Althought there are only two points and at most two rectangles to consider, listing all possible cases is still out of control, especially in cases like the FigJam example above. A more systematic definition is needed. Inspired by FigJam, a starting point is to seek the shortest path that avoids overlapping rectangles. The path distance relates to the Manhattan distance (or taxicab distance), measuring distance via horizontal and vertical moves only. Finding such shortest paths on a grid while avoiding obstacles is a classic application of the Breadth-First Search (BFS) algorithm. A small gap is maintained between the path and the rectangles, hardcoded as the grid snap size. For grid-based pathfinding like BFS, coordinates are often snapped to a grid, where the snap size represents the minimum movement distance.

Offset
Pathfinding with an offset (red segment) from the rectangle

However, multiple shortest paths may exist. Paths with fewer turns looked more pleasing. It's easy to extend BFS to track the number of turns and select the path with fewer turns in case of equal path lengths.

Turns

Minimizing turns alone isn't sufficient. Consider the following scenario where both paths are the shortest and have the same number of turns, yet one feels more "balanced":

Balance

This "balance" can be formalized by seeking the path with the minimal maximum segment length. Among all shortest paths with the fewest turns, select the one where the longest single horizontal or vertical segment is as short as possible. However, tracking this in BFS can be challenging unless all paths are found. In my implementation, a post-processing step is added to balance the path by adjusting points within the spaces between two rectangles.

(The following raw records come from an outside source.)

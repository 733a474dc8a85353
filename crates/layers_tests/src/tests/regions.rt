//! What loads and stores return, on bytes and numbers worked out by hand.
ghost use Rattle.std.specs.Prelude.{◌≡◌, ◌≤◌, [], length};
ghost use Rattle.dp_region.specs.Region.{IsRegionSize, min_region};

use super::cases::must;
use dp_region::{Block, MAX_REGION, Memory, Region};
use std::alloc::Global;
use std::process::Abort;

fn write_low(low: &mut Block)
    requires { length low.old.bytes ≡ 3 }
    ensures { (low.new.home ≡ low.old.home) × (low.new.offset ≡ low.old.offset) × (length low.new.bytes ≡ 3) }
{
    low.bytes_mut()[0] = 9;
    low.part_mut(1, 2)[1] = 5;
}

fn write_high(high: &mut Block)
    requires { length high.old.bytes ≡ 64 }
    ensures { (high.new.home ≡ high.old.home) × (high.new.offset ≡ high.old.offset) × (length high.new.bytes ≡ 64) }
{
    high.store_u16(62, 0x0807);
    high.copy_within(62, 2, 0);
    high.store_u32(4, 0x0605_0403);
}

// Lends two blocks at once, writes them, and takes them back; returns what they began with.
fn visit(region: &mut Region) -> (u8, u8, u32, u32, u32)
    requires { (region.old.lent ≡ []) × (min_region ≤ length region.old.bytes) }
    ensures { (region.new.lent ≡ []) × (min_region ≤ length region.new.bytes) }
{
    let mut low = region.lend(61, 3);
    let mut high = region.lend(64, 64);
    let first = (
        low.bytes()[0],
        low.bytes()[2],
        high.load_u32(0),
        high.offset(),
        high.len(),
    );
    write_low(&mut low);
    write_high(&mut high);
    region.reclaim(high);
    region.reclaim(low);
    first
}

fn numbers(region: &Region) -> (u32, u64, u32)
    requires { (region.now.lent ≡ []) × (min_region ≤ length region.now.bytes) }
{
    (
        region.load_u32(60),
        region.load_u64(64),
        region.load_u32(126),
    )
}

// The upper half of a number of 8 bytes.
fn overlaid(region: &mut Region) -> u32
    requires { (region.old.lent ≡ []) × (min_region ≤ length region.old.bytes) }
    ensures { region.new.lent ≡ [] }
{
    region.store_u64(1, 0x0102_0304_0506_0708);
    region.load_u32(5)
}

// What is stored and lent, in turn.
fn is_kept(region: &mut Region) -> bool
    requires { (region.old.lent ≡ []) × (min_region ≤ length region.old.bytes) }
    ensures { region.new.lent ≡ [] }
{
    region.store_u32(60, 0x0403_0201);
    if visit(region) != (2, 4, 0, 64, 64) {
        return false;
    }
    if numbers(region) != (0x0503_0901, 0x0605_0403_0000_0807, 0x0807) {
        return false;
    }
    overlaid(region) == 0x0102_0304
}

#[test]
fn bytes_stay_as_the_holder_left_them(rt: HostRuntime) {
    let mut region = Region::new(rt.alloc(), 4096).expect(&rt, "memory");
    let kept = is_kept(&mut region);
    let size = region.size();
    region.close();
    must(&rt, kept && size == 4096, "the bytes");
}

// With the first allocation refused, `new` returns `Memory`.
#[test]
fn want_of_memory_is_reported(rt: HostRuntime) {
    match Region::new(rt.alloc(), 4096) {
        Ok(region) => region.close(),
        Err(error) => must(&rt, error == Memory, "want of memory"),
    }
}

// Writes a number at the end of a new region, and one in a part of it that is lent and taken back; returns both as they are read. The region is
// closed.
fn used(rt: &impl Abort, alloc: Global, size: u32, number: u32) -> (u32, u32)
    requires { IsRegionSize size }
{
    let mut region = Region::new(alloc, size).expect(rt, "memory");
    region.store_u32(size - 4, number);
    let mut block = region.lend(64, 128);
    block.store_u32(60, number);
    let inside = block.load_u32(60);
    region.reclaim(block);
    let outside = region.load_u32(size - 4);
    region.close();
    (inside, outside)
}

// A region of the maximum size can be allocated if there is memory.
#[test]
fn the_largest_region(rt: HostRuntime) {
    let number = 0x0102_0304;
    let is_kept = used(&rt, rt.alloc(), MAX_REGION, number) == (number, number);
    must(&rt, is_kept, "both numbers");
}

// All memory is freed, so any number of regions can follow one another.
#[test]
fn ten_thousand_regions_follow_one_another(rt: HostRuntime) {
    for k in 0..2500u32 {
        for size in [4096u32, 8192, 12_288, 16_384] {
            let number = k * 1000 + size % 1000;
            let is_kept = used(&rt, rt.alloc(), size, number) == (number, number);
            must(&rt, is_kept, "both numbers");
        }
    }
}
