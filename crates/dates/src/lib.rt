// Times: a date and a time of day by Gregory's calendar, with no table and no encoding in them (FORMATS, "Times").
#![tactic(auto)]

// What a time is given as: the year of a UTCTime has two digits, that of a GeneralizedTime four.
#[derive(Clone, Copy, Debug, PartialEq, Eq)]
pub enum TimeKind {
    Utc,
    Generalized,
}

// A date and a time of day. Its fields stand in the order in which times are compared.
#[derive(Clone, Copy, Debug, PartialEq, Eq, PartialOrd, Ord)]
pub struct DateTime {
    pub year: u16,
    pub month: u8,
    pub day: u8,
    pub hour: u8,
    pub minute: u8,
    pub second: u8,
}
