use crate::{grids, intervals, spec_building, spec_reading, steps, transforms};
use case_lines::{Fault, word};
use json_forms::parse;
use serde_json::Value;
use std::alloc::Global;

/// What the call of a line gives, as text.
pub(crate) fn answer(alloc: Global, line: &str) -> Result<String, Fault> {
    let v = parse(alloc, line.as_bytes())?;
    if let Some(call) = word(&v, "interval") {
        return intervals::answer(alloc, call, &v);
    }
    if let Some(call) = word(&v, "transform") {
        return transforms::answer(alloc, call, &v);
    }
    if let Some(call) = word(&v, "steps") {
        return steps::answer(alloc, call, &v);
    }
    if let Some(call) = word(&v, "grid") {
        return grids::answer(alloc, call, &v);
    }
    match v.get("spec") {
        Some(spec) => of_spec(alloc, spec, &v),
        None => Err(Fault::Line),
    }
}

// What is read of a Spec, or built over the arrays of its line.
fn of_spec(alloc: Global, spec: &Value, v: &Value) -> Result<String, Fault> {
    match v.get("arrays") {
        Some(arrays) => spec_building::built(alloc, spec, arrays),
        None => spec_reading::read(alloc, spec),
    }
}
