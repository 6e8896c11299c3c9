//! `index_cases`: each line of stdin is one call over the index space, or a Spec, as JSON, each line of stdout what it gives.
//!
//! The lines stand in the file `stdin` and what they must give in `stdout`, worked out by hand or by another program.
//! `README.md` has the forms of lines.
#![tactic(auto)]

mod args;
mod cases;
mod grids;
mod intervals;
mod parts;
mod spec_building;
mod spec_reading;
mod steps;
mod told;
mod transforms;

use case_lines::line_or_no_case;
use cases::answer;
use std::io;

fn main(rt: HostRuntime) -> io::Result<()> {
    for line in rt.lines(rt.alloc()) {
        let answer = answer(rt.alloc(), line?.as_str());
        let text = line_or_no_case(rt.alloc(), answer)?;
        println!(rt; "{text}")?;
    }
    Ok(())
}
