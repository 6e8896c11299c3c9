ghost use Rattle.std.specs.Prelude.{◌≡◌, IfOk, IsTrue, None, length};
ghost use Rattle.std.specs.List.{All, list_all};
ghost use Rattle.index_transform.specs.Cells.{cells_of, is_finite};
ghost use Rattle.index_transform.specs.Shapes.{IsInShape};
ghost use Rattle.index_transform.specs.Values.{value_at};

use crate::parts::made;
use crate::told::{after, shown_domain};
use case_lines::{Fault, member, numbers_of, sizes_of, told, transform_text};
use index_transform::{AtError, Domain, Transform, Walk};
use serde_json::Value;
use std::alloc::Global;
use transform_composition::{compose, tighten};
use transform_json::read_transform;

pub(crate) fn answer(alloc: Global, call: &str, v: &Value) -> Result<String, Fault> {
    if call == "new" {
        return new(alloc, v);
    }
    if call == "tighten" {
        return into_outer(alloc, v);
    }
    match read_transform(alloc, member(v, "t")?) {
        Ok(t) => over(alloc, call, &t, v),
        Err(e) => told(alloc, &e),
    }
}

fn new(alloc: Global, v: &Value) -> Result<String, Fault> {
    match made(alloc, v)? {
        Ok(t) => transform_text(alloc, &t),
        Err(e) => told(alloc, &e),
    }
}

fn over(alloc: Global, call: &str, t: &Transform, v: &Value) -> Result<String, Fault> {
    match call {
        "read" => transform_text(alloc, t),
        "maps" => told(alloc, &t.maps()),
        "domain" => shown_domain(alloc, t.domain()),
        "at" => at(alloc, t, member(v, "index")?),
        "count" => told(alloc, &(t.count(), t.is_finite())),
        "walk" => walk(alloc, t),
        "copy" => transform_text(alloc, &t.copy(alloc)?),
        "identity" => identity(alloc, t),
        "leaving" => leaving(alloc, t, member(v, "shape")?),
        "compose" => composed(alloc, t, member(v, "outer")?),
        _ => Err(Fault::Line),
    }
}

pub(crate) fn at(alloc: Global, t: &Transform, index: &Value) -> Result<String, Fault> {
    let index = numbers_of(alloc, index)?;
    told(alloc, &values(alloc, t, &index)?)
}

fn values(alloc: Global, t: &Transform, index: &[i64]) -> Result<Result<Vec<i64>, AtError>, Fault> {
    if index.len() != t.domain().dims.items().len() {
        return Err(Fault::Line);
    }
    Ok(t.at(alloc, index))
}

fn walk(alloc: Global, t: &Transform) -> Result<String, Fault> {
    told(alloc, &cells(alloc, t)?)
}

fn cells(alloc: Global, t: &Transform) -> Result<Vec<Vec<i64>>, Fault> {
    if !t.is_finite() {
        return Err(Fault::Line);
    }
    let mut walk = Walk::new(alloc, t.domain())?;
    walked(alloc, &mut walk, t.domain().dims.items().len())
}

// The walk's cells up to where it answers that there is none, but no more than 100.
fn walked(alloc: Global, walk: &mut Walk, rank: usize) -> Result<Vec<Vec<i64>>, Fault>
    requires { walk.old.rank ≡ rank }
{
    let mut cells = Vec::new(alloc);
    for _ in 0..100 {
        match next(alloc, walk, rank)? {
            Some(cell) => cells.push(cell)?,
            None => break,
        }
    }
    Ok(cells)
}

fn next(alloc: Global, walk: &mut Walk, rank: usize) -> Result<Option<Vec<i64>>, Fault>
    requires { walk.old.rank ≡ rank }
    ensures { walk.new.rank ≡ rank }
{
    let mut cell = Vec::from_elem(alloc, 0, rank)?;
    if walk.advance(&mut cell) {
        Ok(Some(cell))
    } else {
        Ok(None)
    }
}

fn into_outer(alloc: Global, v: &Value) -> Result<String, Fault> {
    match read_transform(alloc, member(v, "outer")?) {
        Ok(outer) => tightened(alloc, outer.domain(), member(v, "t")?),
        Err(e) => told(alloc, &e),
    }
}

fn tightened(alloc: Global, outer: &Domain, v: &Value) -> Result<String, Fault> {
    match read_transform(alloc, v) {
        Ok(mut t) => narrowed(alloc, outer, &mut t),
        Err(e) => told(alloc, &e),
    }
}

fn narrowed(alloc: Global, outer: &Domain, t: &mut Transform) -> Result<String, Fault> {
    let given = tighten(alloc, t, outer);
    after(alloc, &given, t.domain())
}

fn identity(alloc: Global, t: &Transform) -> Result<String, Fault> {
    let domain = t.domain().copy(alloc)?;
    transform_text(alloc, &Transform::identity(alloc, domain)?)
}

// The first output that leaves the shape for some cell.
fn leaving(alloc: Global, t: &Transform, shape: &Value) -> Result<String, Fault> {
    let shape = sizes_of(alloc, shape)?;
    told(alloc, &first_leaving(t, &shape)?)
}

pub(crate) fn first_leaving(t: &Transform, shape: &[u64]) -> Result<Option<u32>, Fault>
    ensures { IfOk result (λ o. (o ≡ None → All (λ cell.
        IsInShape shape.now (value_at t.now cell)) (cells_of t.now.domain.dims))
        × (IsTrue (list_all is_finite t.now.domain.dims)) × (length t.now.maps ≡ length shape.now)) }
{
    if !t.is_finite() || t.maps().len() != shape.len() {
        return Err(Fault::Line);
    }
    Ok(t.first_leaving(shape))
}

fn composed(alloc: Global, inner: &Transform, outer: &Value) -> Result<String, Fault> {
    match read_transform(alloc, outer) {
        Ok(outer) => composition(alloc, &outer, inner),
        Err(e) => told(alloc, &e),
    }
}

fn composition(alloc: Global, outer: &Transform, inner: &Transform) -> Result<String, Fault> {
    match compose(alloc, outer, inner) {
        Ok(t) => transform_text(alloc, &t),
        Err(e) => told(alloc, &e),
    }
}
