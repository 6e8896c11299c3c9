use crate::transforms::at;
use case_lines::{Fault, member, told, transform_text};
use dim_expressions::{ApplyError, apply};
use index_transform::Transform;
use serde_json::Value;
use std::alloc::Global;
use step_forms::{StepsError, read_steps};
use transform_json::read_transform;

pub(crate) fn answer(alloc: Global, call: &str, v: &Value) -> Result<String, Fault> {
    let steps = member(v, "of")?;
    if call == "read" {
        return read(alloc, steps);
    }
    match read_transform(alloc, member(v, "t")?) {
        Ok(t) => over(alloc, call, &t, v),
        Err(e) => told(alloc, &e),
    }
}

fn read(alloc: Global, steps: &Value) -> Result<String, Fault> {
    match read_steps(alloc, steps) {
        Ok(steps) => told(alloc, &steps.items()),
        Err(e) => told(alloc, &e),
    }
}

fn over(alloc: Global, call: &str, t: &Transform, v: &Value) -> Result<String, Fault> {
    match call {
        "apply" => after(alloc, t, member(v, "of")?),
        "at" => value(alloc, t, member(v, "of")?, member(v, "index")?),
        _ => Err(Fault::Line),
    }
}

fn after(alloc: Global, t: &Transform, steps: &Value) -> Result<String, Fault> {
    match applied(alloc, t, steps) {
        Ok(Ok(t)) => transform_text(alloc, &t),
        Ok(Err(e)) => told(alloc, &e),
        Err(e) => told(alloc, &e),
    }
}

fn value(alloc: Global, t: &Transform, steps: &Value, index: &Value) -> Result<String, Fault> {
    match applied(alloc, t, steps) {
        Ok(Ok(t)) => at(alloc, &t, index),
        Ok(Err(_)) => Err(Fault::Line),
        Err(_) => Err(Fault::Line),
    }
}

// Apart, since the steps that `apply` takes are those that `read_steps` gave.
fn applied(
    alloc: Global,
    t: &Transform,
    steps: &Value,
) -> Result<Result<Transform, ApplyError>, StepsError> {
    let steps = read_steps(alloc, steps)?;
    Ok(apply(alloc, t, steps.items()))
}
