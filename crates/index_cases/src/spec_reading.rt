// What is read of a Spec.
use case_lines::{Fault, mount_names, told};
use serde_json::Value;
use spec_open::{OpenPlan, SpecError, read_spec};
use std::alloc::Global;

/// The plan of a Spec, or its first fault.
pub(crate) fn read(alloc: Global, spec: &Value) -> Result<String, Fault> {
    let names = mount_names(alloc)?;
    match read_spec(alloc, spec, &names) {
        Ok(plan) => planned(alloc, &plan),
        Err(error) => refused(alloc, &error),
    }
}

fn planned(alloc: Global, plan: &OpenPlan) -> Result<String, Fault> {
    told(alloc, &(plan.leaves.items(), &plan.tree))
}

/// Why a Spec isn't read.
pub(crate) fn refused(alloc: Global, error: &SpecError) -> Result<String, Fault> {
    match error {
        SpecError::BadSpec { path } => with_path(alloc, "bad_spec", path.items()),
        SpecError::Unsupported { path } => with_path(alloc, "unsupported", path.items()),
        SpecError::Memory => Err(Fault::Memory),
    }
}

fn with_path(alloc: Global, word: &str, path: &str) -> Result<String, Fault> {
    Ok(format!(in alloc; "{word} {path}")?)
}
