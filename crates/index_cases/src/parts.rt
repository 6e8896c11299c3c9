// Intervals, domains and maps by their parts, so that what breaks the rules can be written down.
use crate::args::{flag_at, number_at};
use case_lines::{Fault, items, member, numbers_of, sizes_of, text_of};
use cells::{Index, List, Name, Sizes};
use index_intervals::{BadBounds, Interval};
use index_transform::{Domain, OutMap, Transform, TransformError};
use serde_json::Value;
use std::alloc::Global;

// `[LO, HI, LO_IMPLICIT, HI_IMPLICIT]`, both bounds included.
pub(crate) fn bounds(v: &Value) -> Result<Result<Interval, BadBounds>, Fault> {
    let lo = number_at(v, 0)?;
    let hi = number_at(v, 1)?;
    let lo_implicit = flag_at(v, 2)?;
    let hi_implicit = flag_at(v, 3)?;
    Ok(Interval::new(lo, hi, lo_implicit, hi_implicit))
}

fn interval_of(v: &Value) -> Result<Interval, Fault> {
    bounds(v)?.map_err(|_| Fault::Line)
}

pub(crate) fn interval(v: &Value, name: &str) -> Result<Interval, Fault> {
    interval_of(member(v, name)?)
}

pub(crate) fn dims(alloc: Global, v: &Value) -> Result<Vec<Interval>, Fault> {
    let mut dims = Vec::new(alloc);
    for item in items(v)? {
        dims.push(interval_of(item)?)?;
    }
    Ok(dims)
}

fn label(alloc: Global, v: &Value) -> Result<Name, Fault> {
    Ok(Name::wrap(String::from_str(alloc, text_of(v)?)?))
}

fn labels(alloc: Global, v: &Value) -> Result<Vec<Name>, Fault> {
    let mut labels = Vec::new(alloc);
    for item in items(v)? {
        labels.push(label(alloc, item)?)?;
    }
    Ok(labels)
}

fn domain(alloc: Global, v: &Value) -> Result<Domain, Fault> {
    let dims = dims(alloc, member(v, "dims")?)?;
    let labels = labels(alloc, member(v, "labels")?)?;
    Ok(Domain {
        dims: List::wrap(dims),
        labels: List::wrap(labels),
    })
}

fn strided(v: &Value) -> Result<OutMap, Fault> {
    Ok(OutMap::Strided {
        offset: number_at(v, 0)?,
        stride: number_at(v, 1)?,
        dim: u32::try_from(number_at(v, 2)?).map_err(|_| Fault::Line)?,
    })
}

fn indexed(alloc: Global, v: &Value) -> Result<OutMap, Fault> {
    Ok(OutMap::Indexed {
        offset: number_at(v, 0)?,
        stride: number_at(v, 1)?,
        sizes: Sizes::wrap(sizes_of(alloc, v.get(2).ok_or(Fault::Line)?)?),
        entries: Index::wrap(numbers_of(alloc, v.get(3).ok_or(Fault::Line)?)?),
    })
}

// `[OFFSET]`, `[OFFSET, STRIDE, DIM]` or `[OFFSET, STRIDE, SIZES, ENTRIES]`.
fn map(alloc: Global, v: &Value) -> Result<OutMap, Fault> {
    match items(v)?.len() {
        1 => Ok(OutMap::Constant {
            offset: number_at(v, 0)?,
        }),
        3 => strided(v),
        _ => indexed(alloc, v),
    }
}

fn maps(alloc: Global, v: &Value) -> Result<Vec<OutMap>, Fault> {
    let mut maps = Vec::new(alloc);
    for item in items(v)? {
        maps.push(map(alloc, item)?)?;
    }
    Ok(maps)
}

// `"dims":[INTERVAL, ..],"labels":[TEXT, ..],"maps":[MAP, ..]`.
pub(crate) fn made(alloc: Global, v: &Value) -> Result<Result<Transform, TransformError>, Fault> {
    let maps = maps(alloc, member(v, "maps")?)?;
    Ok(Transform::new(domain(alloc, v)?, maps))
}
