// Calls over a grid, each behind tests of what it asks.
ghost use Rattle.std.specs.Prelude.{◌≡◌, true};
ghost use Rattle.std.specs.List.{All};
ghost use Rattle.index_transform.specs.Shapes.{IsInShape};

use crate::transforms::first_leaving;
use case_lines::{Fault, items, member, numbers_of, sizes, told};
use cells::{Index, List, Sizes};
use chunk_grid::{Grid, RunPiece, is_grid, runs, runs_of};
use index_transform::Transform;
use serde_json::Value;
use std::alloc::Global;
use std::fmt::Debug;
use transform_json::read_transform;

pub(crate) fn answer(alloc: Global, call: &str, v: &Value) -> Result<String, Fault> {
    let grid = grid(alloc, v)?;
    over(alloc, call, &grid, v)
}

fn over(alloc: Global, call: &str, grid: &Grid, v: &Value) -> Result<String, Fault> {
    match call {
        "cell" => cell(alloc, grid, member(v, "cell")?),
        "runs" => cut(alloc, grid, member(v, "t")?),
        "runs_of" => cut_of(alloc, grid, member(v, "cells")?),
        _ => Err(Fault::Line),
    }
}

fn grid(alloc: Global, v: &Value) -> Result<Grid, Fault> {
    let shape = sizes(alloc, v, "shape")?;
    let chunk = sizes(alloc, v, "chunk")?;
    if !is_grid(&shape, &chunk) {
        return Err(Fault::Line);
    }
    Ok(Grid::new(Sizes::wrap(shape), Sizes::wrap(chunk)))
}

fn is_inside(shape: &[u64], index: &[i64]) -> bool
    ensures { result ≡ true → IsInShape shape.now index.now }
{
    if index.len() != shape.len() {
        return false;
    }
    for k in 0..shape.len() {
        if index[k] < 0 || index[k] as u64 >= shape[k] {
            return false;
        }
    }
    true
}

// The chunk of a cell, and the cell's place there.
fn cell(alloc: Global, grid: &Grid, v: &Value) -> Result<String, Fault> {
    let cell = numbers_of(alloc, v)?;
    told(alloc, &place(alloc, grid, &cell)?)
}

fn place(alloc: Global, grid: &Grid, cell: &[i64]) -> Result<(Vec<u64>, usize), Fault> {
    if !is_inside(grid.shape(), cell) {
        return Err(Fault::Line);
    }
    let mut chunk = Vec::from_elem(alloc, 0, grid.shape().len())?;
    grid.chunk_of(cell, &mut chunk);
    Ok((chunk, grid.place_in(cell)))
}

fn cut(alloc: Global, grid: &Grid, v: &Value) -> Result<String, Fault> {
    match read_transform(alloc, v) {
        Ok(t) => told_runs(alloc, grid, &t),
        Err(e) => told(alloc, &e),
    }
}

fn told_runs(alloc: Global, grid: &Grid, t: &Transform) -> Result<String, Fault> {
    pieces(alloc, pieces_of(alloc, t, grid)?.items())
}

fn pieces_of(alloc: Global, t: &Transform, grid: &Grid) -> Result<List<RunPiece>, Fault> {
    let Ok(count) = t.count() else {
        return Err(Fault::Line);
    };
    if count > 4_194_304 {
        return Err(Fault::Line);
    }
    match first_leaving(t, grid.shape())? {
        Some(_) => Err(Fault::Line),
        None => Ok(runs(alloc, t, grid)?),
    }
}

fn cut_of(alloc: Global, grid: &Grid, v: &Value) -> Result<String, Fault> {
    let cells = cells(alloc, v)?;
    pieces(alloc, pieces_over(alloc, &cells, grid)?.items())
}

fn pieces_over(alloc: Global, cells: &[Index], grid: &Grid) -> Result<List<RunPiece>, Fault> {
    if cells.len() > 4_194_304 || !are_inside(grid.shape(), cells) {
        return Err(Fault::Line);
    }
    Ok(runs_of(alloc, cells, grid)?)
}

fn cells(alloc: Global, v: &Value) -> Result<Vec<Index>, Fault> {
    let mut cells = Vec::new(alloc);
    for item in items(v)? {
        cells.push(Index::wrap(numbers_of(alloc, item)?))?;
    }
    Ok(cells)
}

fn are_inside(shape: &[u64], cells: &[Index]) -> bool
    ensures { result ≡ true → All (IsInShape shape.now) cells.now }
{
    for cell in cells {
        if !is_inside(shape, cell.items()) {
            return false;
        }
    }
    true
}

// Each chunk with its runs: `[INDEX](VIEW, VIEW_STEP, CHUNK, CHUNK_STEP, LEN)..`, all joined.
fn pieces(alloc: Global, pieces: &[RunPiece]) -> Result<String, Fault> {
    let mut text = String::new(alloc);
    for piece in pieces {
        put(alloc, &mut text, &piece.chunk.items())?;
        for run in piece.runs.items() {
            put(
                alloc,
                &mut text,
                &(run.view, run.view_step, run.chunk, run.chunk_step, run.len),
            )?;
        }
    }
    Ok(text)
}

fn put<T: Debug>(alloc: Global, text: &mut String, value: &T) -> Result<(), Fault> {
    let word = told(alloc, value)?;
    Ok(text.push_str(&word)?)
}
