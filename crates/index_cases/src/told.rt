// Domains as text.
use case_lines::{Fault, told};
use index_transform::Domain;
use std::alloc::Global;
use transform_composition::ComposeError;
use transform_json::write_domain;

// A domain, as JSON.
pub(crate) fn shown_domain(alloc: Global, domain: &Domain) -> Result<String, Fault> {
    Ok(write_domain(alloc, domain)?.to_string(alloc)?)
}

// What tightening answered, and the domain after it.
pub(crate) fn after(
    alloc: Global,
    given: &Result<(), ComposeError>,
    domain: &Domain,
) -> Result<String, Fault> {
    let mut text = told(alloc, given)?;
    text.push(' ')?;
    put_domain(alloc, &mut text, domain)?;
    Ok(text)
}

fn put_domain(alloc: Global, text: &mut String, domain: &Domain) -> Result<(), Fault> {
    let json = shown_domain(alloc, domain)?;
    Ok(text.push_str(&json)?)
}
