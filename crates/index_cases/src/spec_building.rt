// The view over the arrays of a Spec's leaves.
ghost use Rattle.std.specs.Prelude.{length};
ghost use Rattle.spec_open.specs.Conditions.{IsTree};

use crate::spec_reading::refused;
use case_lines::{Fault, array_of, items, look, mount_names};
use serde_json::Value;
use spec_open::{BuildCause, BuildError, OpenPlan, Tree, build, read_spec};
use stack_driver::ArrayRef;
use std::alloc::Global;

/// The dtype and the own transform of the view that a Spec gives over arrays, or the node that gives none.
pub(crate) fn built(alloc: Global, spec: &Value, arrays: &Value) -> Result<String, Fault> {
    let arrays = arrays_of(alloc, arrays)?;
    over(alloc, spec, &arrays)
}

// The arrays of a list, each with its place there as its number.
fn arrays_of(alloc: Global, v: &Value) -> Result<Vec<ArrayRef>, Fault> {
    let items = items(v)?;
    let mut arrays = Vec::with_capacity(alloc, items.len())?;
    for item in items {
        let array = array_of(alloc, arrays.len() as u64, item)?;
        arrays.push(array)?;
    }
    Ok(arrays)
}

fn over(alloc: Global, spec: &Value, arrays: &[ArrayRef]) -> Result<String, Fault> {
    let names = mount_names(alloc)?;
    match read_spec(alloc, spec, &names) {
        Ok(plan) => planned(alloc, &plan, arrays),
        Err(error) => refused(alloc, &error),
    }
}

fn planned(alloc: Global, plan: &OpenPlan, arrays: &[ArrayRef]) -> Result<String, Fault>
    requires { IsTree (length plan.now.leaves) plan.now.tree }
{
    if plan.leaves.items().len() != arrays.len() {
        return Err(Fault::Line);
    }
    seen(alloc, &plan.tree, arrays)
}

fn seen(alloc: Global, tree: &Tree, arrays: &[ArrayRef]) -> Result<String, Fault>
    requires { IsTree (length arrays.now) tree.now }
{
    match build(alloc, tree, arrays) {
        Ok(view) => look(alloc, &view),
        Err(error) => not_built(alloc, &error),
    }
}

fn not_built(alloc: Global, error: &BuildError) -> Result<String, Fault> {
    match error {
        BuildError::Refused { path, cause } => caused(alloc, path.items(), *cause),
        BuildError::Memory => Err(Fault::Memory),
    }
}

fn caused(alloc: Global, path: &str, cause: BuildCause) -> Result<String, Fault> {
    Ok(format!(in alloc; "refused {path} {cause:?}")?)
}
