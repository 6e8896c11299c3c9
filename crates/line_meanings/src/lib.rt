//! What a line of a script means to the history of a run.
//!
//! A session above does what a command asks. It rests on one definition: `line_of` is the command in the history's words, of which
//! `act_of` and the rows of a session's step speak.
#![tactic(auto)]

pub use dim_expressions::{ApplyError, apply};
pub use line_answers::{
    Answer, Body, bad_metadata, damaged, has_few_lists, refusal, transform_has_few_lists,
};
pub use line_forms::{
    BuildCause, BuildError, Command, DownWant, JoinForm, LineError, OpenPlan, SpecLeaf, Tree,
    joined, read_command,
};
pub use zarr_chunks::ZarrMeta;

To summarize, the elbow connector can be defined as follows:

        
    1. The shortest path using only horizontal/vertical segments, avoiding rectangles overlap (except at endpoints).
    2. Among those, the one with the minimal number of turns.
    3. Among those, the one with the minimal maximum segment length.
        
    

Other States

As mentioned earlier, the elbow connector can exist in unconnected or half-connected states. These variations are important to consider in different application contexts.

States

They appear to violate our "minimal turns" rule. However, I found that these cases can be handled by introducing virtual rectangles representing potential connection targets.

Virtual Rectangles

In the unconnected case, the preferred orientation, either vertical or horizontal, depends on which distance is greater: the horizontal or the vertical distance between the two points. In the right example, the connector may feel unnatural without visual rectangles as cues.

orientation

The case of partially connected shapes is more complex, as the preferred orientation depends on the starting point's position on the rectangle. For instance, comparing the middle example and right example, when p1 is located on the bottom edge of the rectangle and p2 is above p1, the vertical orientation looks better even the horizontal distance between two points is larger than the vertical distance.

balanced

These special cases can be identified by determining whether the rectangle defined byp1 and p2 overlap with rectangle rect1 or rect2, as illustrated in Case 1 and Case 2 below. It turns out these cases lead to shortest path with minimal turns, enabling reuse of previous pathfinding algorithm instead of manually creating virtual rectangles. When there is no overlap between the rectangles, virtual rectangles can be created following the unconnected case.

balanced

Conclusion

While elbow connectors are ubiquitous, there lacks a widely agreed-upon definition or even an attempt to define it. I hope this post provides a useful summary and exploration of this UI pattern. To cover all cases, the proposed strategy may seem over-engineered, but it still helps to simplify the implementation compared to hardcoding each case. One limitation is the assumption of a discrete grid and potential performance costs for pathfinding in large spaces, which I will try to address in future work. The source code is available on Github Repo, and all feedback on this post and code is welcome via GitHub issues.